Mais l'informatisation a transformé les échanges de la matière-vedette du NYMEX, le pétrole, ou plus précisément le baril de light sweet crude, une qualité de pétrole à faible teneur en soufre dont le prix augmente à un rythme qui affole la planète. Plus de 85% de ces transactions se font désormais par voie électronique, un changement commencé en 2006.

«Les enchères à la criée sont devenues quasiment obsolètes», déclare Raymond Carbone, un des 816 membres du NYMEX, une Bourse qui ne traitait à l'origine que le lait et les fromages.

Aujourd'hui, le NYMEX est une société cotée en Bourse qui n'intervient pas seulement sur l'énergie -pétrole, gaz naturel, mazout- mais également, depuis sa fusion le Comex en 1994, sur les métaux -or, argent, cuivre et aluminium.

Et, à l'ère des plateformes électroniques, rien ne s'échange plus vite ces jours-ci que les contrats à terme sur le pétrole au NYMEX.

«Avant, on négociait aussi vite qu'on pouvait écrire nos contrats sur le papier. Aujourd'hui, il suffit d'appuyer sur l'écran pour effectuer une transaction. Le volume des échanges a augmenté de façon exponentielle», dit Raymond Carbone, dont la maison de courtage, Paramount Options, occupe un "siège" au NYMEX depuis 1991.

Les données du NYMEX lui donnent raison. Au cours du mois de mai, la Bourse new-yorkaise a enregistré une moyenne quotidienne de 1,9 million de contrats négociés, une augmentation de 38% par rapport à la même époque l'année dernière. Des transactions à terme sur l'énergie, seulement 225 000 ont été effectuées à la criée.

Cette nouvelle réalité explique pourquoi la présence humaine sur le parquet du NYMEX est fluctuante. À certaines périodes de l'année ou du jour, plusieurs intervenants tiennent à être au coeur de l'action plutôt que de négocier de leur bureau du World Financial Center. Il y a des jours, cependant, où le marché est plus calme, comme c'était le cas récemment lors de la visite de La Presse.

Ce jour-là, le cours du pétrole brut s'était maintenu aux alentours de 137$US.

«Je n'ai pas eu l'occasion de tirer souvent sur la détente», a raconté Joe Marshall, courtier chez McNamara Options, vers la fin de la matinée. «Tout le monde attend la publication de l'état des stocks américains, qui aura lieu demain.»

Les courtiers du NYMEX dévorent toutes les informations susceptibles d'affecter le cours du pétrole -et les décisions de leurs clients.
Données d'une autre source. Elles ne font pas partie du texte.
// FNV-1a with 64 bits over bytes, and the block id that it gives.
#![tactic(auto)]

ghost use Rattle.std.specs.Prelude.{◌≡◌};
ghost use Rattle.fnv.specs.Fnv.{prime_multiple, next_hash, hash_onward, hash_of, id_of_block};

// FNV-1a's value of no bytes.
const BASIS: u64 = 14695981039346656037;

// FNV's prime, 256 * 2^32 + 435.
const PRIME: u64 = 1099511628211;

// x times FNV's prime, modulo 2^64.
fn times_prime(x: u64) -> u64
    ensures { result ≡ prime_multiple x }
{
    x.wrapping_mul(PRIME)
}

// The hash h, going on with the byte b.
#[tactic(auto, unfolding(crate::specs::Fnv::next_hash))]
pub fn hash_step(h: u64, b: u8) -> u64
    ensures { result ≡ next_hash h b }
{
    times_prime(u64::from(b) ^ h)
}

// The hash h, going on with all of the bytes.
pub fn hash_from(h: u64, bytes: &[u8]) -> u64
    ensures { result ≡ hash_onward h bytes.now }
{
    let mut value = h;
    for byte in bytes {
        value = hash_step(value, *byte);
    }
    value
}

// FNV-1a of the bytes.
pub fn hash(bytes: &[u8]) -> u64
    ensures { result ≡ hash_of bytes.now }
{
    hash_from(BASIS, bytes)
}

// The id of a block with these bytes: their hash, or 1 where that is 0.
#[tactic(auto, unfolding(crate::specs::Fnv::id_of_block))]
pub fn block_id(bytes: &[u8]) -> u64
    ensures { result ≡ id_of_block bytes.now }
{
    let value = hash(bytes);
    if value == 0 { 1 } else { value }
}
Cela peut aller des données concrètes comme l'état des stocks américains de brut et de distillats, aux dernières rumeurs faisant état d'un raid mené par Israël contre des installations nucléaires iraniennes, en passant par l'annonce faite par le Koweït, membre de l'OPEP, d'une hausse de production d'au moins 300 000 barils par jour dans le courant de 2009.

Mais c'est souvent l'instinct qui les pousse à vendre ou à acheter à un moment donné.

«Je ne sais pas si je peux expliquer ça, mais je le sens dans mes os quand c'est le temps de passer à l'action", dit Joe Marshall, qui a négocié de l'or avant de passer au pétrole brut. "Je dois dire que c'est intéressant ces jours-ci de travailler au NYMEX.»

De fait, quand ils parlent du cours du baril de pétrole, plusieurs courtiers ne cachent pas leur surprise, même s'ils contribuent à la hausse du prix et connaissent par coeur les facteurs de cette hausse. Ils ne sont pas encore revenus non plus de cette séance du 8 juin au cours de laquelle les cours du brut ont connu une hausse record de plus de 10$US.

«Tout le monde retenait son souffle sur le parquet, se souvient Anthony Grisanti, courtier chez GRZ Energy. La dernière fois que j'ai vécu une chose semblable, c'est le jour où le cours du baril a atteint 120$US. Je n'aurais jamais pensé que le prix doublerait en un an. Mais je sais que je ne suis pas au bout de mes surprises.»